Recovery forecast to begin in 2021 second quarter

Assuming a successful mass-vaccine program, HdL’s current forecast is for recovery beginning in the second quarter of 2021, with full recovery dependent on the specific character and makeup of each jurisdiction’s tax base. Part of the recovery will be a shift back to non-taxable services and activities that were limited because of pandemic restrictions and which consumers temporarily replaced with more spending on taxable goods. Various surveys also suggest businesses have found that much of their previous work that involved business travel can be done just as well online, and related revenues from hotels and restaurants may not fully recover until 2024. Revenues from leisure travel activities are expected to recover sooner.

Full recovery may also look different than before the pandemic. HdL’s database indicates that 56 percent of third quarter purchases of general consumer goods were done over the internet, while surveys are finding that half of the responding consumers who discovered new online alternatives during the pandemic expect to continue those habits going forward. This suggests that at least part of the tax shift from brick-and-mortar stores to countywide pools and in-state fulfillment centers will become permanent.

Pandemic accelerates shifts in consumer habits

The pandemic has accelerated shifts in consumer habits that were already taking place and like most changes, presents both challenges and new opportunities. “Touch and feel” shopping is not going away, but retailers see an evolution where store shopping is more leisure- recreational-oriented with smaller stores offering more showrooms and delivery and pickup services. Bad news for cities with malls, but the smaller footprints and lifestyle emphasis also offer opportunities to reinstate downtowns and neighborhood centers as economic and social gathering places.

For agencies without adequate market populations to support high-volume retailers, the growing trend of manufacturers and entrepreneurs with new concepts to bypass stores and sell directly to the consumer through online order desks provides opportunities to generate sales tax through industrial development. Additionally, the pandemic’s disruption of supply chains has accelerated growing dissatisfaction with overseas arrangements and some reshoring will occur that offers opportunities to leverage a city’s existing business base to attract compatible industries.

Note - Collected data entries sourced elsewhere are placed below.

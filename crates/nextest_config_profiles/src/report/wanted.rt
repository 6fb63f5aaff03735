//! Keys of a profile that alone are told.

ghost use Rattle.std.specs.Prelude.{◌≡◌, ◌++◌, flat_map, IfOk, map, OnOk, option_map, string_bytes};
ghost use Rattle.nextest_config_elements.specs.Fields.{fields_view};
ghost use Rattle.nextest_config_lint.specs.Settings.{seen_field};
ghost use Rattle.nextest_config_values.specs.NearestWord.{IsNearest};
ghost use Rattle.nextest_config_profiles.specs.Reach.{words_of};
ghost use Rattle.nextest_config_profiles.specs.Report.Setting.{all_settings, rule_of};
ghost use Rattle.nextest_config_profiles.specs.Said.{Path};
ghost use Rattle.nextest_config_profiles.specs.Report.Wanted.{dotted, field_at, is_known, IsKeyNamed, IsPathText, path_of, paths_of, told_paths};

use crate::report::keys::with_key;
use crate::report::others::other_keys;
use crate::report::setting::{KnownSetting, all_settings, fields_below};
use crate::texts::{copies, lent};
use nextest_config_elements::field::Field;
use nextest_config_elements::keys::profile_fields;
use nextest_config_lint::field_named;
use nextest_config_values::nearest_word::nearest;
use std::alloc::{AllocError, Global};

/// A key of a profile that is told, with all that lies below it.
#[derive(Debug, PartialEq, Eq, Drop)]
pub struct WantedKey {
    // Its path below the profile.
    keys: Vec<String>,
}

impl WantedKey {
    /// The key at a path below a profile, with dots between the keys, as `slow-timeout.period`;
    /// `None` where nextest knows no such key.
    pub fn from_path(alloc: Global, path: &str) -> Result<Option<WantedKey>, AllocError>
        ensures { IfOk result (λ wanted. IsKeyNamed path.now (option_map path_of wanted)) }
    {
        let mut keys = Vec::new(alloc);
        push_keys(path, &mut keys)?;
        if !is_known(keys.as_slice()) {
            return Ok(None);
        }
        let keys = copies(alloc, keys.as_slice())?;
        Ok(Some(WantedKey { keys }))
    }

    /// The path of a setting, of a key of its table, or of another key of a profile, that a text
    /// comes nearest to.
    pub fn nearest(alloc: Global, path: &str) -> Result<Option<String>, AllocError>
        ensures { IfOk result (λ near.
            IsNearest (map dotted told_paths) path.now (option_map string_bytes near)) }
    {
        let paths = told_paths(alloc)?;
        let words = lent(alloc, paths.as_slice())?;
        match nearest(alloc, path, words.as_slice())? {
            Some(near) => Ok(Some(String::from_str(alloc, near)?)),
            None => Ok(None),
        }
    }

    /// The path of the key, below a profile.
    pub(crate) fn keys(&self) -> &[String]
        ensures { map string_bytes result.now ≡ path_of self.now }
    {
        self.keys.as_slice()
    }
}

// Pushes the keys between the dots of a path.
fn push_keys<'t>(path: &'t str, keys: &mut Vec<&'t str>) -> Result<(), AllocError>
    ensures { OnOk result ((added : Path) × IsPathText path.now added
        × (words_of keys.new.items ≡ words_of keys.old.items ++ added)) }
{
    match path.split_once('.') {
        Some((key, rest)) => {
            keys.push(key)?;
            push_keys(rest, keys)?;
        }
        None => keys.push(path)?,
    }
    Ok(())
}

// Whether the table of keys has these below a profile.
fn is_known(keys: &[&str]) -> bool
    ensures { result ≡ is_known (words_of keys.now) }
{
    field_at(keys, profile_fields()).is_some()
}

// The field to which keys lead, one below the other, from a table with these fields.
fn field_at(keys: &[&str], fields: &'static [Field]) -> Option<&'static Field>
    ensures { option_map (λ field. seen_field field.now) result
        ≡ field_at (words_of keys.now) (fields_view fields.now) }
{
    match keys {
        [] => None,
        [key] => field_named(key, fields),
        [key, rest @ ..] => field_at(rest, fields_below(&field_named(key, fields)?.parts)),
    }
}

// The paths of all that is told, as texts.
fn told_paths(alloc: Global) -> Result<Vec<String>, AllocError>
    ensures { IfOk result (λ paths. map string_bytes paths.items ≡ map dotted told_paths) }
{
    let mut paths = setting_paths(alloc)?;
    let keys = other_keys(alloc)?;
    for key in &keys {
        paths.push(String::from_str(alloc, key)?)?;
    }
    Ok(paths)
}

// The paths of all settings.
fn setting_paths(alloc: Global) -> Result<Vec<String>, AllocError>
    ensures { IfOk result (λ paths.
        map string_bytes paths.items ≡ map dotted (flat_map paths_of all_settings)) }
{
    let settings = all_settings(alloc)?;
    let mut paths = Vec::new(alloc);
    for setting in &settings {
        push_paths(alloc, setting.lent(), &mut paths)?;
    }
    Ok(paths)
}

// Pushes the paths of a setting.
fn push_paths(
    alloc: Global,
    setting: KnownSetting<'_>,
    paths: &mut Vec<String>,
) -> Result<(), AllocError>
    ensures { OnOk result (map string_bytes paths.new.items
        ≡ map string_bytes paths.old.items ++ map dotted (paths_of (rule_of setting.entry))) }
{
    paths.push(setting.keys.join(alloc, ".")?)?;
    let members = setting.members();
    for member in members {
        let keys = with_key(alloc, setting.keys, member.key)?;
        paths.push(keys.join(alloc, ".")?)?;
    }
    Ok(())
}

Chasing volatile sales tax v. more stable economic drivers  

In the long run, having to constantly change economic strategies to capture the ever-evolving ways that sales tax is generated versus a consistent focus on job development, housing, and commercial amenities most appropriate for the community could be a losing proposition. 

As major e-commerce retailers move more of their inventories to in-state distribution centers, the pools will shrink and the consolidation of huge amounts of sales tax into a single point of sale will become more prevalent. The competition to reduce the total amounts of tax revenues available for public services by bidding kickbacks to attract those single points of sale will become more intense. Some of these points are now so large, that an agency could conceivably rebate 100 percent of the revenue and generate its new income by taking a larger share of county-pool revenues, which are distributed as a ratio of each jurisdiction’s contribution to total county sales revenues. 

Previous proposals to convert to destination sourcing to serve the jurisdiction of the buyer that pays the tax rather than the seller, have failed because of the lack of agreement on how to make the shift without harming the agencies that currently benefit and have built their service levels from the existing system.   

One solution might be to create a special tax on large scale distribution operations to reimburse hosting agencies for the extra services and road wear. Another might be to revisit previous reform proposals and consider exchanging part, or all, of the Bradley-Burns one-cent sales and use tax for property tax while leaving the option of also levying a destination-sourced transactions tax for whatever amounts that local voters approve.